TASK INSTRUCTIONS:
From the entries that follow, copy exactly the lines beginning at the line holding "2 1 0 (ipv6_address 9))" and continuing through the line holding "(routing_header 4 0 0 0 (ipv6_address 3 ++ ipv6_address 9)) ≡".

[Collection entries]
········

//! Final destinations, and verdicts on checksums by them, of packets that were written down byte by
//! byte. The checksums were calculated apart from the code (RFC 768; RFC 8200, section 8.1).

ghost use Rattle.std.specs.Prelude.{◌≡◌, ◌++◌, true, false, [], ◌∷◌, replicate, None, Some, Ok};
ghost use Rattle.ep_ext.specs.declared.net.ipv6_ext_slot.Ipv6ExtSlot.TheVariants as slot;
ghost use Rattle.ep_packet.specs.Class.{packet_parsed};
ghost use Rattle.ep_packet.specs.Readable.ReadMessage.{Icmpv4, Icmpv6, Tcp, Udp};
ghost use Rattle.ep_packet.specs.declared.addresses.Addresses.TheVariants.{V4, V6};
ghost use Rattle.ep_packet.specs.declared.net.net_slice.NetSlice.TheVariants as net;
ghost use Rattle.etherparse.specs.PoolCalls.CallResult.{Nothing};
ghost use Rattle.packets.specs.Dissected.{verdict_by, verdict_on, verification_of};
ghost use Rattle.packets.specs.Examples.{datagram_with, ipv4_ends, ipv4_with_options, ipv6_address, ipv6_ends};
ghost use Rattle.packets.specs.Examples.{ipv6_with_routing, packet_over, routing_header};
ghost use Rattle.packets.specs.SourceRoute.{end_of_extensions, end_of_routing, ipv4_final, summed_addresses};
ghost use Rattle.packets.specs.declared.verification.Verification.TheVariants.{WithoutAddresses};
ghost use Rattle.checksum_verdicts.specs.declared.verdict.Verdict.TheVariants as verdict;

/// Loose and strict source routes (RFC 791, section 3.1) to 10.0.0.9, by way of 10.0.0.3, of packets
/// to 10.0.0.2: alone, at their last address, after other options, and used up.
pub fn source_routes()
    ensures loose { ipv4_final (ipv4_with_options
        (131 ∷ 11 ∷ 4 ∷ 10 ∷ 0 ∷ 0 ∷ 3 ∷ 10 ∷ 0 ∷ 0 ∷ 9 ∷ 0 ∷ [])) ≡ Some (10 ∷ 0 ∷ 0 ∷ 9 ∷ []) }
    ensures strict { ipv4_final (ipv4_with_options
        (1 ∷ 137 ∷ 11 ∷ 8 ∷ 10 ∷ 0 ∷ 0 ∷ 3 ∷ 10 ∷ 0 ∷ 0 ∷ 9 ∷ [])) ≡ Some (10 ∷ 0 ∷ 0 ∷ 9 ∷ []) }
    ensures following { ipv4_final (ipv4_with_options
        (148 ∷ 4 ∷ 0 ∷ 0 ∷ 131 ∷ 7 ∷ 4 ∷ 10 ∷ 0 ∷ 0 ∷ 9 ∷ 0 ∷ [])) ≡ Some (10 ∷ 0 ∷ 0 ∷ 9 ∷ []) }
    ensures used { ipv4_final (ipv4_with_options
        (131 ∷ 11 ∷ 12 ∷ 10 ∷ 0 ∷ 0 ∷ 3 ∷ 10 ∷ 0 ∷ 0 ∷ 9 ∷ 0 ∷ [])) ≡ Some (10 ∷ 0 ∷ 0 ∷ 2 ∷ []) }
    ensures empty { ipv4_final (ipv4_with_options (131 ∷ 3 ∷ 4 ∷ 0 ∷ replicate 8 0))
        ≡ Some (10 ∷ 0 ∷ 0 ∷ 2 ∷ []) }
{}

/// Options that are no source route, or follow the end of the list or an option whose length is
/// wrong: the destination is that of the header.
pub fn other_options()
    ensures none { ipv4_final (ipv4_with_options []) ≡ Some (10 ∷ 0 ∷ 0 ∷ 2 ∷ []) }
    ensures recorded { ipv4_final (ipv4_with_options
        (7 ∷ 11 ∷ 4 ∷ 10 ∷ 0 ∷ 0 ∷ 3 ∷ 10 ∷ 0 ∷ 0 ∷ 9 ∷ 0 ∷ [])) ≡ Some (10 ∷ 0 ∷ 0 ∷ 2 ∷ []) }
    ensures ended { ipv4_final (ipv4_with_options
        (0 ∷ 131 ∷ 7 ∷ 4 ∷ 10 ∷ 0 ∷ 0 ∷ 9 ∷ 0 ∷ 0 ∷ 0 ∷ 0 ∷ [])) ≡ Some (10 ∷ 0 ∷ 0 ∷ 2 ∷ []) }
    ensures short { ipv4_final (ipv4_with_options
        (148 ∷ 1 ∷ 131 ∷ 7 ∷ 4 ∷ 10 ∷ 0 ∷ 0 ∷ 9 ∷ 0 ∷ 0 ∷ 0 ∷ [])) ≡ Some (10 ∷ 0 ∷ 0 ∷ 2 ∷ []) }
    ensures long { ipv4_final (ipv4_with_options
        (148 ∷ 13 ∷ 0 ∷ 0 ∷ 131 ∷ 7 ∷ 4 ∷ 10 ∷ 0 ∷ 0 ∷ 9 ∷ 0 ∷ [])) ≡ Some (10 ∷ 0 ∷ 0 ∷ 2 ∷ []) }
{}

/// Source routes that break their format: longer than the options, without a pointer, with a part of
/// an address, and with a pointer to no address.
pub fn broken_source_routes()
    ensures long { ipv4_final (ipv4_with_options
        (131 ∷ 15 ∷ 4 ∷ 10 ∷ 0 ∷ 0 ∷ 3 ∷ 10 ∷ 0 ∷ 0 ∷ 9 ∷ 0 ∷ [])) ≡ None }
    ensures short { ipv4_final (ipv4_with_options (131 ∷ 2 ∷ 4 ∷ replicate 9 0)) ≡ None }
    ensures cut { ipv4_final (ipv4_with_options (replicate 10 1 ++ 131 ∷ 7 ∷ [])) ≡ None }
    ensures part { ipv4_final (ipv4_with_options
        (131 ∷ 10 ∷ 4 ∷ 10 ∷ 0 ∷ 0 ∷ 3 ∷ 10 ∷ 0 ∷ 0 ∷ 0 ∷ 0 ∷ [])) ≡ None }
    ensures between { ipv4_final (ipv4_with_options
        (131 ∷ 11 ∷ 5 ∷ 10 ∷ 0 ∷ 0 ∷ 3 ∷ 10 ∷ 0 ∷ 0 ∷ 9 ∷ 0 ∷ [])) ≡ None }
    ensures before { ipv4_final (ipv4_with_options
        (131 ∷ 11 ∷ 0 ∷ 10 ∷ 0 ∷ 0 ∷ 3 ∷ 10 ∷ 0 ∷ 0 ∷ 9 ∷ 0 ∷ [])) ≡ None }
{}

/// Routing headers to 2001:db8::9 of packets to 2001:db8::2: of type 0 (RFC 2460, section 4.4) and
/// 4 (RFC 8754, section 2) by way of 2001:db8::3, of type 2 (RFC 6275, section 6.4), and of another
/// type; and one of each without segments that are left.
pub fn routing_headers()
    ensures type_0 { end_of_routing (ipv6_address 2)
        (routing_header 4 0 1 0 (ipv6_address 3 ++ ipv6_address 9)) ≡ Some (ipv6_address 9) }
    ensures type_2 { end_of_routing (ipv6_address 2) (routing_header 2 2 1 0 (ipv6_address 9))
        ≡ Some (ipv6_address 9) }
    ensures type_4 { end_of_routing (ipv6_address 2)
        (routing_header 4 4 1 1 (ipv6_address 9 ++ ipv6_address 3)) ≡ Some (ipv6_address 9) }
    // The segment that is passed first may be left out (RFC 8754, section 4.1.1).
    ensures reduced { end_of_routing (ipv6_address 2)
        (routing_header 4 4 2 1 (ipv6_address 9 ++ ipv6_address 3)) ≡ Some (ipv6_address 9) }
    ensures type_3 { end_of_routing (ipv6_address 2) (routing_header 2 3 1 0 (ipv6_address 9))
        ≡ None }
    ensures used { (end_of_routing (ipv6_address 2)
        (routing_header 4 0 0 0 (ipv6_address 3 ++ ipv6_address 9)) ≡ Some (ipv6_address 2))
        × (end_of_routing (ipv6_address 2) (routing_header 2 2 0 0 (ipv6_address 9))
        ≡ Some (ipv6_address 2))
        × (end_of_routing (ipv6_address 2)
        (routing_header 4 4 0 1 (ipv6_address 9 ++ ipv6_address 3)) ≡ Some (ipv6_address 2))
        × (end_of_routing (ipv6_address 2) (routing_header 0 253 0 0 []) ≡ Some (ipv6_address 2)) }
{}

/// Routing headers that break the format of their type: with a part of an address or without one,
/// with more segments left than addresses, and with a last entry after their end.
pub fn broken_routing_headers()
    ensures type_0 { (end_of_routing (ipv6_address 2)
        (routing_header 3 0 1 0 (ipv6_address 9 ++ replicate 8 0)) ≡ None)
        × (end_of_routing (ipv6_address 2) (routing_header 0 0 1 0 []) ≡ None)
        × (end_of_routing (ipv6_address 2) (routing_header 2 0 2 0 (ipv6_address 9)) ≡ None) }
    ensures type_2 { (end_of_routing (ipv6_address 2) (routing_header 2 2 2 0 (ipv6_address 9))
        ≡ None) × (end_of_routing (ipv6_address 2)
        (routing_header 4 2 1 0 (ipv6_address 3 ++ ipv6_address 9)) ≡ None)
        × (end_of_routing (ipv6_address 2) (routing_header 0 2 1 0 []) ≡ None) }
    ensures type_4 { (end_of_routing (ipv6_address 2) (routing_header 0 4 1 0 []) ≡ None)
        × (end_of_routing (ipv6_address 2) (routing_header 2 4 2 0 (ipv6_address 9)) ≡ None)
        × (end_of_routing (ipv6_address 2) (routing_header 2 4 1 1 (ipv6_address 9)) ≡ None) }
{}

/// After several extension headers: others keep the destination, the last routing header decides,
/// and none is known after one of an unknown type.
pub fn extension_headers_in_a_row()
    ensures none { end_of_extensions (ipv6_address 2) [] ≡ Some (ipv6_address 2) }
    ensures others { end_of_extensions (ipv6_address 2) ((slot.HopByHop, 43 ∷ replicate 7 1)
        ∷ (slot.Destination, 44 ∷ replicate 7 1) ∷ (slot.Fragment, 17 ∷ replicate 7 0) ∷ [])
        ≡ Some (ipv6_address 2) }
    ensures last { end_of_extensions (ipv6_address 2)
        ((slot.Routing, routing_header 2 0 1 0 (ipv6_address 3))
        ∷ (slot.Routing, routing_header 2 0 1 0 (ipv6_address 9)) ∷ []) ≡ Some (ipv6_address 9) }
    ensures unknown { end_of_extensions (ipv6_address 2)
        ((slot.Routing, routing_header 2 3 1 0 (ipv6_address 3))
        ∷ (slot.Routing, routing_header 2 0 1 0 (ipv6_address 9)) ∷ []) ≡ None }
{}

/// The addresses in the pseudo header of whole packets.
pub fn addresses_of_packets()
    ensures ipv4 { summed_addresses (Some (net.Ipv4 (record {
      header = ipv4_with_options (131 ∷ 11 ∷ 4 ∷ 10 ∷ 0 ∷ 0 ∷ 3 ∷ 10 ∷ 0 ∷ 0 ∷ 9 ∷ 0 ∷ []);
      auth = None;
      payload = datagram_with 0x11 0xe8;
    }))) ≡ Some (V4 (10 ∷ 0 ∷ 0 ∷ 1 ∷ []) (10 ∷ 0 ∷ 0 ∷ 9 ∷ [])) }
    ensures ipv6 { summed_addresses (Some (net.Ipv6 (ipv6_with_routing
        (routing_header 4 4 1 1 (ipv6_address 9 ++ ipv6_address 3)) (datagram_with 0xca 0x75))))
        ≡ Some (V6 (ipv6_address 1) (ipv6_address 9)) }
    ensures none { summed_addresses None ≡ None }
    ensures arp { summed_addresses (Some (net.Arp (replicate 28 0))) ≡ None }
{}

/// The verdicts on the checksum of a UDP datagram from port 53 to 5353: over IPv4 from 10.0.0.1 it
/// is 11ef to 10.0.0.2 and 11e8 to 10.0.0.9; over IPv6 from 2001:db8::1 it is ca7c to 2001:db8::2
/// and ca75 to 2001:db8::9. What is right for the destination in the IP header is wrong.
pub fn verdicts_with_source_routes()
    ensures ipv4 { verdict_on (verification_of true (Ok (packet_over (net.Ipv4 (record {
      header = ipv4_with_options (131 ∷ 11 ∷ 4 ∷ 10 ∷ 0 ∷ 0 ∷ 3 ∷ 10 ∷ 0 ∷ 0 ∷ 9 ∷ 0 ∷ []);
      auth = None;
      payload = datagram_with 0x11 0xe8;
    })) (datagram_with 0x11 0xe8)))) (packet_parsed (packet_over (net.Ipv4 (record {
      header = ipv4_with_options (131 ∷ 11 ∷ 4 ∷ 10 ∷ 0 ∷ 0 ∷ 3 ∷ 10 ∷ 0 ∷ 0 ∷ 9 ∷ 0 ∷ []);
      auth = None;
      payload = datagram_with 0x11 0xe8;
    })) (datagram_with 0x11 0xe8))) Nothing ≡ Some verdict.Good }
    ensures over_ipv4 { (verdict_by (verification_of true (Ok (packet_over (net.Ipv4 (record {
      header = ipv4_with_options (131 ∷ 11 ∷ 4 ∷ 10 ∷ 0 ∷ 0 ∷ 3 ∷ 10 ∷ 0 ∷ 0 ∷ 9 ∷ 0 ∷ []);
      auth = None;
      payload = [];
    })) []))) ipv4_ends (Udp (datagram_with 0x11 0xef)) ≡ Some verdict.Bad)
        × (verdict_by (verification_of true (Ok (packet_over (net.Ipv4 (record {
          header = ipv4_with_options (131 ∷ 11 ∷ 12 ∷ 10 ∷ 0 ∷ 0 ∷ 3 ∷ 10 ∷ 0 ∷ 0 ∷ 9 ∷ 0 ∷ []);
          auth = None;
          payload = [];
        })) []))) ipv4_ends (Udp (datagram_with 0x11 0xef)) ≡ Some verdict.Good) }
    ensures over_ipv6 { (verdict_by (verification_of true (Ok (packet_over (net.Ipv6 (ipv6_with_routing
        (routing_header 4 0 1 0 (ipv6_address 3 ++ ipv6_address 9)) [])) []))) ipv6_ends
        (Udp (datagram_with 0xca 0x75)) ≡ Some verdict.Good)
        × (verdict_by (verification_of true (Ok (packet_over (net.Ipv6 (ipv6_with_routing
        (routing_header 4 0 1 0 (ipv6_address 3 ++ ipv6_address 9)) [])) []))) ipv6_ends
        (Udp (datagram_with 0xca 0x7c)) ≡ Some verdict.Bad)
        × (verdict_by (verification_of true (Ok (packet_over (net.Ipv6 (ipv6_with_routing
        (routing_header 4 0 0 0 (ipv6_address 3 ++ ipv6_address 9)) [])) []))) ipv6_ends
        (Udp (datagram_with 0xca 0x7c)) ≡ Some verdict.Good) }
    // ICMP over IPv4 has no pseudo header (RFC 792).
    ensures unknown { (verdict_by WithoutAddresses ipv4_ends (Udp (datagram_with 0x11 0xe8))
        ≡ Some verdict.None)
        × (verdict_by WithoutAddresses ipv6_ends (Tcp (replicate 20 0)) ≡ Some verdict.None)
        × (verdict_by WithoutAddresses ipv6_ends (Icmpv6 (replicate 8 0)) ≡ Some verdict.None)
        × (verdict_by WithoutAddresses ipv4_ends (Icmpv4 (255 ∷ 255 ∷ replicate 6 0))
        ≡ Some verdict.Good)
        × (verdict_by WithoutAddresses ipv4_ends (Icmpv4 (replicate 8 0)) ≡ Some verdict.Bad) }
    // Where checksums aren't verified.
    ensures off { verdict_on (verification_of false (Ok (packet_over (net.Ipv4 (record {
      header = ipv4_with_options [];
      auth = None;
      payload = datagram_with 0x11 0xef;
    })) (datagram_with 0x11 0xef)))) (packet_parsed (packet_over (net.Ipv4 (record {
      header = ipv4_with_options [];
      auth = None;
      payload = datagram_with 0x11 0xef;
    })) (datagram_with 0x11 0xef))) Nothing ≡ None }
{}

········

RESULT OF THIS EXERCISE:
    ensures type_2 { end_of_routing (ipv6_address 2) (routing_header 2 2 1 0 (ipv6_address 9))
        ≡ Some (ipv6_address 9) }
    ensures type_4 { end_of_routing (ipv6_address 2)
        (routing_header 4 4 1 1 (ipv6_address 9 ++ ipv6_address 3)) ≡ Some (ipv6_address 9) }
    // The segment that is passed first may be left out (RFC 8754, section 4.1.1).
    ensures reduced { end_of_routing (ipv6_address 2)
        (routing_header 4 4 2 1 (ipv6_address 9 ++ ipv6_address 3)) ≡ Some (ipv6_address 9) }
    ensures type_3 { end_of_routing (ipv6_address 2) (routing_header 2 3 1 0 (ipv6_address 9))
        ≡ None }
    ensures used { (end_of_routing (ipv6_address 2)
        (routing_header 4 0 0 0 (ipv6_address 3 ++ ipv6_address 9)) ≡ Some (ipv6_address 2))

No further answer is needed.